Records shown: Begin

impl PacketFields {
    /// The packet's type (MQTT 5.0, section 2.1.2).
    #[inline]
    pub fn kind(&self) -> PacketType
        ensures { result ≡ fields_type self.now }
    {
        match self {
            PacketFields::Connect { .. } => PacketType::Connect,
            PacketFields::Connack { .. } => PacketType::Connack,
            PacketFields::Publish(_) => PacketType::Publish,
            PacketFields::Puback { .. } => PacketType::Puback,
            PacketFields::Pubrec { .. } => PacketType::Pubrec,
            PacketFields::Pubrel { .. } => PacketType::Pubrel,
            PacketFields::Pubcomp { .. } => PacketType::Pubcomp,
            PacketFields::Subscribe { .. } => PacketType::Subscribe,
            PacketFields::Suback { .. } => PacketType::Suback,
            PacketFields::Unsubscribe { .. } => PacketType::Unsubscribe,
            PacketFields::Unsuback { .. } => PacketType::Unsuback,
            PacketFields::Pingreq => PacketType::Pingreq,
            PacketFields::Pingresp => PacketType::Pingresp,
            PacketFields::Disconnect(_) => PacketType::Disconnect,
            PacketFields::Auth { .. } => PacketType::Auth,
        }
    }

    /// What is noted of a CONNECT.
    #[inline]
    pub fn connect(&self) -> Option<&ConnectNote>
        ensures { option_map (λ note. note.now) result ≡ connect_in self.now }
    {
        match self {
            PacketFields::Connect { note, .. } => Some(note),
            _ => None,
        }
    }

    /// What is noted of a CONNACK.
    #[inline]
    pub fn connack(&self) -> Option<&ConnackNote>
        ensures { option_map (λ note. note.now) result ≡ connack_in self.now }
    {
        match self {
            PacketFields::Connack { note, .. } => Some(note),
            _ => None,
        }
    }

    /// The Authentication Method of a CONNECT, if it has one.
    #[inline]
    pub fn connect_method(&self) -> Option<&Method>
        ensures { option_map (λ method. method.now) result ≡ connect_method_in self.now }
    {
        match self {
            PacketFields::Connect { method, .. } => Some(method),
            _ => None,
        }
    }

    /// The Authentication Method of an AUTH or of a CONNACK that was sent, if it has one.
    #[inline]
    pub fn method(&self) -> Option<&str>
        ensures { option_map (λ method. method.now) result ≡ method_in self.now }
    {
        match self {
            PacketFields::Auth { method } | PacketFields::Connack { method, .. } => method.as_str(),
            _ => None,
        }
    }

    /// Whether it is an AUTH.
    #[inline]
    pub fn is_auth(&self) -> bool
        ensures { result ≡ authenticates self.now }
    {
        matches!(self, PacketFields::Auth { .. })
    }

    /// What is noted of a PUBLISH.
    #[inline]
    pub fn publish(&self) -> Option<&PublishNote>
        ensures { option_map (λ note. note.now) result ≡ publish_in self.now }
    {
        match self {
            PacketFields::Publish(note) => Some(note),
            _ => None,
        }
    }

    /// What is noted of a DISCONNECT.
    #[inline]
    pub fn disconnect(&self) -> Option<DisconnectNote>
        ensures { result ≡ disconnect_in self.now }
    {
        match self {
            PacketFields::Disconnect(note) => Some(*note),
            _ => None,
        }
    }

    /// What a SUBSCRIBE asks for.
    #[inline]
    pub fn wishes(&self) -> Option<WishesNote>
        ensures { result ≡ wishes_in self.now }
    {
        match self {
            PacketFields::Subscribe { wishes, .. } => Some(*wishes),
            _ => None,
        }
    }

    /// The Reason Code of a PUBACK or PUBREC (MQTT 5.0, sections 3.4.2.1 and 3.5.2.1).
    #[inline]
    pub fn receipt_code(&self) -> Option<u8>
        ensures { result ≡ receipt_code_in self.now }
    {
        match self {
            PacketFields::Puback { code, .. } | PacketFields::Pubrec { code, .. } => Some(*code),
            _ => None,
        }
    }

    /// The Packet Identifier of a PUBACK.
    #[inline]
    pub fn puback(&self) -> Option<u16>
        ensures { result ≡ puback_in self.now }
    {
        match self {
            PacketFields::Puback { identifier, .. } => Some(*identifier),
            _ => None,
        }
    }

    /// The Packet Identifier of a PUBREC.
    #[inline]
    pub fn pubrec(&self) -> Option<u16>
        ensures { result ≡ pubrec_in self.now }
    {
        match self {
            PacketFields::Pubrec { identifier, .. } => Some(*identifier),
            _ => None,
        }
    }

    /// The Packet Identifier of a PUBREL.
    #[inline]
    pub fn pubrel(&self) -> Option<u16>
        ensures { result ≡ pubrel_in self.now }
    {
        match self {
            PacketFields::Pubrel { identifier, .. } => Some(*identifier),
            _ => None,
        }
    }

    /// The Packet Identifier of a PUBCOMP.
    #[inline]
    pub fn pubcomp(&self) -> Option<u16>
        ensures { result ≡ pubcomp_in self.now }
    {
        match self {
            PacketFields::Pubcomp { identifier, .. } => Some(*identifier),
            _ => None,
        }
    }

    /// The Packet Identifier of a SUBSCRIBE.
    #[inline]
    pub fn subscribe(&self) -> Option<u16>
        ensures { result ≡ subscribe_in self.now }
    {
        match self {
            PacketFields::Subscribe { identifier, .. } => Some(*identifier),
            _ => None,
        }
    }

    /// The Packet Identifier of a SUBACK.
    #[inline]
    pub fn suback(&self) -> Option<u16>
        ensures { result ≡ suback_in self.now }
    {
        match self {
            PacketFields::Suback { identifier, .. } => Some(*identifier),
            _ => None,
        }
    }

    /// The Packet Identifier of an UNSUBSCRIBE.
    #[inline]
    pub fn unsubscribe(&self) -> Option<u16>
        ensures { result ≡ unsubscribe_in self.now }
    {
        match self {
            PacketFields::Unsubscribe { identifier, .. } => Some(*identifier),
            _ => None,
        }
    }

    /// The Packet Identifier of an UNSUBACK.
    #[inline]
    pub fn unsuback(&self) -> Option<u16>
        ensures { result ≡ unsuback_in self.now }
    {
        match self {
            PacketFields::Unsuback { identifier, .. } => Some(*identifier),
            _ => None,
        }
    }

    /// The Packet Identifier of a PUBREC below 0x80, which accepts the PUBLISH (MQTT 5.0, section
    /// 4.3.3).
    #[inline]
    pub fn accepting_pubrec(&self) -> Option<u16>
        ensures { result ≡ accepting_pubrec_in self.now }
    {
        match self {
            PacketFields::Pubrec { identifier, code } => accepted(*identifier, *code),
            _ => None,
        }
    }

    /// The Packet Identifier of a PUBREC of 0x10, No matching subscribers (MQTT 5.0, section
    /// 3.5.2.1).
    #[inline]
    pub fn unmatched_pubrec(&self) -> Option<u16>
        ensures { result ≡ unmatched_pubrec_in self.now }
    {
        match self {
            PacketFields::Pubrec { identifier, code } => (*code == NO_MATCH).then_some(*identifier),
            _ => None,
        }
    }

    /// The Packet Identifier of a PUBCOMP of 0x00 (MQTT 5.0, section 3.7.2.1).
    #[inline]
    pub fn success_pubcomp(&self) -> Option<u16>
        ensures { result ≡ success_pubcomp_in self.now }
    {
        match self {
            PacketFields::Pubcomp { identifier, code } => succeeded(*identifier, *code),
            _ => None,
        }
    }

    /// The Packet Identifier that a PUBACK, a PUBCOMP or a refusing PUBREC sets free (MQTT 5.0,
    /// sections 4.3.2 and 4.3.3).
    #[inline]
    pub fn settled_identifier(&self) -> Option<u16>
        ensures { result ≡ settled_in self.now }
    {
        match self {
            PacketFields::Puback { identifier, .. } | PacketFields::Pubcomp { identifier, .. } =>
                Some(*identifier),
            PacketFields::Pubrec { identifier, code } => refused(*identifier, *code),
            _ => None,
        }
    }

    /// The Packet Identifier of the received QoS 2 PUBLISH whose exchange a PUBCOMP or a refusing
    /// PUBREC ends (MQTT 5.0, section 4.3.3).
    #[inline]
    pub fn ended_identifier(&self) -> Option<u16>
        ensures { result ≡ ended_in self.now }
    {
        match self {
            PacketFields::Pubcomp { identifier, .. } => Some(*identifier),
            PacketFields::Pubrec { identifier, code } => refused(*identifier, *code),
            _ => None,
        }
    }

    /// The Packet Identifier that a client takes with the packet: that of a new PUBLISH of QoS
    /// above 0, of a SUBSCRIBE or of an UNSUBSCRIBE (MQTT 5.0, section 2.2.1).
    #[inline]
    pub(crate) fn client_takes(&self) -> Option<u16>
        ensures { result ≡ option_or (option_and_then opener_in (publish_in self.now)) (option_or (subscribe_in self.now) (unsubscribe_in self.now)) }
    {
        match self {
            PacketFields::Publish(publish) => publish.opener(),
            PacketFields::Subscribe { identifier, .. }
            | PacketFields::Unsubscribe { identifier, .. } => Some(*identifier),
            _ => None,
        }
    }

    /// Whether it is a PINGREQ.
    #[inline]
    pub fn is_pingreq(&self) -> bool
        ensures { result ≡ pings self.now }
    {
        matches!(self, PacketFields::Pingreq)
    }

    /// Whether it is a PINGRESP.
    #[inline]
    pub fn is_pingresp(&self) -> bool
        ensures { result ≡ answers_ping self.now }
    {
        matches!(self, PacketFields::Pingresp)
    }

    /// Whether it is a PUBLISH, SUBSCRIBE or UNSUBSCRIBE, or acknowledges one: such a packet needs
    /// a session (MQTT 5.0, section 4.1).
    #[inline]
    pub fn is_session_packet(&self) -> bool
        ensures { result ≡ needs_a_session self.now }
    {
        !matches!(
            self,
            PacketFields::Connect { .. }
                | PacketFields::Connack { .. }
                | PacketFields::Pingreq
                | PacketFields::Pingresp
                | PacketFields::Disconnect(_)
                | PacketFields::Auth { .. }
        )
    }

    /// Whether it may have a Reason String or User Properties whatever the client asked for: a
    /// PUBLISH, a CONNACK or a DISCONNECT (MQTT 5.0, section 3.1.2.11.7).
    #[inline]
    pub fn may_explain(&self) -> bool
        ensures { result ≡ explains self.now }
    {
        matches!(
            self,
            PacketFields::Publish(_) | PacketFields::Connack { .. } | PacketFields::Disconnect(_)
        )
    }
}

Records shown: End

* **To do**: Quote every line from the beginning of the entries up to and including the line that contains "pub fn connect(&self)".

* **Task output**:
impl PacketFields {
    /// The packet's type (MQTT 5.0, section 2.1.2).
    #[inline]
    pub fn kind(&self) -> PacketType
        ensures { result ≡ fields_type self.now }
    {
        match self {
            PacketFields::Connect { .. } => PacketType::Connect,
            PacketFields::Connack { .. } => PacketType::Connack,
            PacketFields::Publish(_) => PacketType::Publish,
            PacketFields::Puback { .. } => PacketType::Puback,
            PacketFields::Pubrec { .. } => PacketType::Pubrec,
            PacketFields::Pubrel { .. } => PacketType::Pubrel,
            PacketFields::Pubcomp { .. } => PacketType::Pubcomp,
            PacketFields::Subscribe { .. } => PacketType::Subscribe,
            PacketFields::Suback { .. } => PacketType::Suback,
            PacketFields::Unsubscribe { .. } => PacketType::Unsubscribe,
            PacketFields::Unsuback { .. } => PacketType::Unsuback,
            PacketFields::Pingreq => PacketType::Pingreq,
            PacketFields::Pingresp => PacketType::Pingresp,
            PacketFields::Disconnect(_) => PacketType::Disconnect,
            PacketFields::Auth { .. } => PacketType::Auth,
        }
    }

    /// What is noted of a CONNECT.
    #[inline]
    pub fn connect(&self) -> Option<&ConnectNote>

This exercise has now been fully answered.